Today’s Good News: Schools Feed Kids Local Produce

We all remember the “tuna surprise” and other awful choices in the school cafeteria.  Nowadays, I understand it could even be McDonald’s.   There is a movement afoot, however, to see that kids in school get tasty and nutritious local produce.  The Wall St. Journal had a nice article recently about this phenomenon.  Apparently 18 states have passed legislation encouraging schools to use local produce.  The federal government used to prevent schools from using “geographic preferences” in procuring food, but the Farm Bill passed earlier this year loosened that restriction.

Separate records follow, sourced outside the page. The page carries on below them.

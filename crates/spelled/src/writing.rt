// The public call: records and texts written back.
ghost use Rattle.std.specs.Prelude.{◌≡◌, ◌+◌, ◌≤◌, length, drop};
ghost use Rattle.lent.specs.Sizes.{limit, action_words};
ghost use Rattle.listing.specs.Steps.{Puts, comma};
ghost use Rattle.records.specs.Marks.{end_most};
ghost use Rattle.spelled.specs.Promises.{WriteActions};
ghost use Rattle.spelled.specs.Records.{record_in};
ghost use Rattle.spelled.specs.Steps.{Placed, entry_action, keeps, RowIs, PutEach};

use crate::entries::{Entry, first_offset, read_entry};
use crate::fitting::fits;
use crate::naming::rule_for;
use crate::passing::pass_all;
use crate::putting::put_byte;
use crate::spelling::{mark_for, put_entry};
use listing::ListingError;
use single_action::Rule;

// A record put: the offset past its texts, and the place past its spelling.
#[derive(Clone, Copy)]
pub struct Row {
    pub past: usize,
    pub next: usize,
}

// Whether a record's spelling reads back to it: with others behind it nothing may be left open.
fn is_kept(rule: Rule, e: Entry, text: &[u8], mark: u8, last: bool) -> bool
    requires { Placed text.now e }
    ensures { result ≡ keeps rule mark last (entry_action text.now e) }
{
    if !fits(rule, e, text) {
        return false;
    }
    let first = e.first;
    let second = e.second;
    let third = e.third;
    let past = e.past;
    match pass_all(
        mark,
        &text[first..second],
        &text[second..third],
        &text[third..past],
    ) {
        None => false,
        Some(open) => last || (open.mark == mark && open.depth == 0),
    }
}

// The comma before a record that is not the first.
fn put_comma(out: &mut [u8], at: usize, count: usize) -> usize
    requires { at ≤ limit }
    ensures { Puts out.old out.new at result (comma count) }
{
    if count == 0 {
        return at;
    }
    put_byte(out, at, b',')
}

// The record at a place, with so many before it: put where it is written and ends within the limit, else none.
fn put_record(
    words: &[u64],
    at: usize,
    offset: usize,
    text: &[u8],
    last: bool,
    count: usize,
    out: &mut [u8],
    to: usize,
) -> Option<Row>
    requires action_words_in_bounds { at + action_words ≤ length words.now }
    requires offset_in_bounds { (offset ≤ length text.now) × (offset ≤ end_most) }
    requires to_le_limit { to ≤ limit }
    ensures { RowIs (length text.now) offset (record_in text.now offset (drop at words.now)) last count to out.old out.new result }
{
    let e = read_entry(words, at, offset, text)?;
    let rule = rule_for(e.code);
    let first = e.first;
    let past = e.past;
    let mark = mark_for(rule, &text[first..past]);
    if !is_kept(rule, e, text, mark, last) {
        return None;
    }
    let next = put_comma(out, to, count);
    let end = put_entry(out, next, rule, e, text, mark);
    if lent::LIMIT < end {
        return None;
    }
    Some(Row { past, next: end })
}

// The records one after another, and the place past them; or the first that is not written.
fn put_records(words: &[u64], text: &[u8], out: &mut [u8]) -> Result<usize, usize>
    ensures { PutEach words.now text.now out.old out.new result }
{
    let most = lent::room(words.len(), lent::ACTION_WORDS);
    let mut offset = first_offset(words, text.len());
    let mut to = 0;
    for count in 0..most {
        let at = count * lent::ACTION_WORDS;
        match put_record(words, at, offset, text, most <= count + 1, count, out, to) {
            None => return Err(count),
            Some(row) => {
                offset = row.past;
                to = row.next;
            }
        }
    }
    Ok(to)
}

// The spelling of the list that records stand for, where it reads back to it; a refusal leaves the buffer all zero.
pub fn write_actions(words: &[u64], text: &[u8], out: &mut [u8]) -> Result<usize, ListingError>
    ensures { WriteActions words.now text.now out.old out.new result }
{
    match put_records(words, text, out) {
        Err(record) => {
            out.fill(0);
            Err(ListingError::NoToken(record))
        }
        Ok(end) => listing::finish(out, end),
    }
}
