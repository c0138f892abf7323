// Whether a record alone is one that a reader makes, by its numbers and texts.
ghost use Rattle.std.specs.Prelude.{◌≡◌, false, eqb, leb};
ghost use Rattle.ascii.specs.Choice.{and};
ghost use Rattle.ascii.specs.Classes.{white};
ghost use Rattle.spelled.specs.Condition.{isnt, last_by, textual, name_fits};
ghost use Rattle.spelled.specs.Spelling.{has};
ghost use Rattle.spelled.specs.Steps.{Placed, entry_action, bare, marked_end, value_kept, setting_kept, kept};

use crate::entries::Entry;
use single_action::Rule;

// What a setvar starts with that deletes.
const DELETING: u8 = b'!';

pub fn has_byte(t: &[u8], b: u8) -> bool
    ensures { result ≡ has b t.now }
{
    ascii::first_of(t, b) < t.len()
}

fn ends_white(t: &[u8]) -> bool
    ensures { result ≡ last_by white false t.now }
{
    !t.is_empty() && ascii::is_white(t[t.len() - 1])
}

// Whether a quotation mark stands at either end.
fn marks_an_end(t: &[u8]) -> bool
    ensures { result ≡ marked_end t.now }
{
    !t.is_empty()
        && (single_action::is_quotation(t[0]) || single_action::is_quotation(t[t.len() - 1]))
}

// Neither a number nor a value kind.
fn is_bare(number: u64, kind: u64) -> bool
    ensures { result ≡ bare number kind }
{
    kind == 0 && number == 0
}

// Neither, and a text that has not the flaw.
fn is_flawless(number: u64, kind: u64, flaw: bool) -> bool
    ensures { result ≡ and (bare number kind) (isnt flaw) }
{
    is_bare(number, kind) && !flaw
}

// A number up to the largest, and no value kind.
fn is_number(number: u64, kind: u64, most: u64) -> bool
    ensures { result ≡ and (eqb kind 0) (leb number most) }
{
    kind == 0 && number <= most
}

// Two texts with `=` between: none in the first, and the second stands last.
fn is_equation(number: u64, kind: u64, a: &[u8], b: &[u8]) -> bool
    ensures { result ≡ and (isnt (has 61 a.now)) (and (bare number kind) (isnt (last_by white false b.now))) }
{
    !has_byte(a, b'=') && is_flawless(number, kind, ends_white(b))
}

// A text and seconds with `=` between.
fn is_expiry(kind: u64, a: &[u8]) -> bool
    ensures { result ≡ and (eqb kind 0) (isnt (has 61 a.now)) }
{
    kind == 0 && !has_byte(a, b'=')
}

// Whether a text behind `=` is read as a text: no macro, no sign first, and no number.
fn is_textual(t: &[u8]) -> bool
    ensures { result ≡ textual t.now }
{
    if single_action::has_macro(t) {
        return false;
    }
    if t.is_empty() {
        return true;
    }
    match t[0] {
        b'+' => return false,
        b'-' => return false,
        _ => {}
    }
    ascii::signed(t).is_err()
}

// A setvar's value, by its kind.
fn value_fits(kind: u64, number: u64, t: &[u8]) -> bool
    ensures { result ≡ value_kept kind number t.now }
{
    match kind {
        1 => number == 0 && (ascii::is_same(t, b"1") || is_textual(t)),
        2 => number <= i64::MAX as u64,
        5 => number == 0,
        6 => number == 0 && single_action::has_macro(t),
        _ => true,
    }
}

// A setvar's name that is not deleted: no `!` first, and no `=` in it.
fn name_fits(collection: &[u8], key: &[u8]) -> bool
    ensures { result ≡ name_fits collection.now key.now }
{
    if !collection.is_empty() && collection[0] == DELETING {
        return false;
    }
    !has_byte(collection, b'=') && !has_byte(key, b'=')
}

fn setvar_fits(e: Entry, text: &[u8]) -> bool
    requires { Placed text.now e }
    ensures { result ≡ setting_kept (entry_action text.now e) }
{
    let first = e.first;
    let second = e.second;
    let third = e.third;
    let past = e.past;
    let collection = &text[first..second];
    if has_byte(collection, b'.') {
        return false;
    }
    if !ascii::same_lowered(collection, collection) {
        return false;
    }
    if e.kind != records::DELETE_KIND && !name_fits(collection, &text[second..third]) {
        return false;
    }
    value_fits(e.kind, e.number, &text[third..past])
}

// By the rule of its code. Where a text stands last and bare it does not end in whitespace.
pub fn fits(rule: Rule, e: Entry, text: &[u8]) -> bool
    requires { Placed text.now e }
    ensures { result ≡ kept rule (entry_action text.now e) }
{
    let first = e.first;
    let second = e.second;
    let third = e.third;
    let a = &text[first..second];
    match rule {
        Rule::Plain => is_bare(e.number, e.kind),
        Rule::Wanted => is_flawless(e.number, e.kind, ends_white(a)),
        Rule::Unmarked => is_flawless(e.number, e.kind, marks_an_end(a)),
        Rule::UpTo(most) => is_number(e.number, e.kind, most),
        Rule::Severity => is_number(e.number, e.kind, u8::MAX as u64),
        Rule::Equation => is_equation(e.number, e.kind, a, &text[second..third]),
        Rule::Expiry => is_expiry(e.kind, a),
        Rule::Setting => setvar_fits(e, text),
    }
}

Two nonprofits — the Center for Food and Justice at Occidental College in Los Angeles and the Community Food Security Coalition in Portland, Ore. — formed a program last year to link up schools with nearby farms across the country.  Even Los Angeles has gone local: Rather than relying on a single food distributor, the school district now sends a buyer to farmers’ markets in the wee hours of the morning each day.

The National Farm to School Network estimates 2,000 programs have been set up.  Since its inception, the network has advised parents, farmers and school administrators interested in starting their own farm-to-school movement, and also lobbied for changes in federal legislation that would make it easier to do so, says co-director Marion Kalb.

It’s a win-win-win:  kids love the food and eat more,  local farms get money, it builds the market for local produce.  Even large food suppliers like Sodexho and Sysco are working more with local suppliers rather than trucking all the good in from far away.

Filed by Karen on September 5th, 2008 under Education, Food, Grassroots Organizing



One Response to “Today’s Good News: Schools Feed Kids Local Produce”

  1. greg gerritt Says:

    In RI the Urban Agriculture Task Force has been doing this for several years, quite successfully.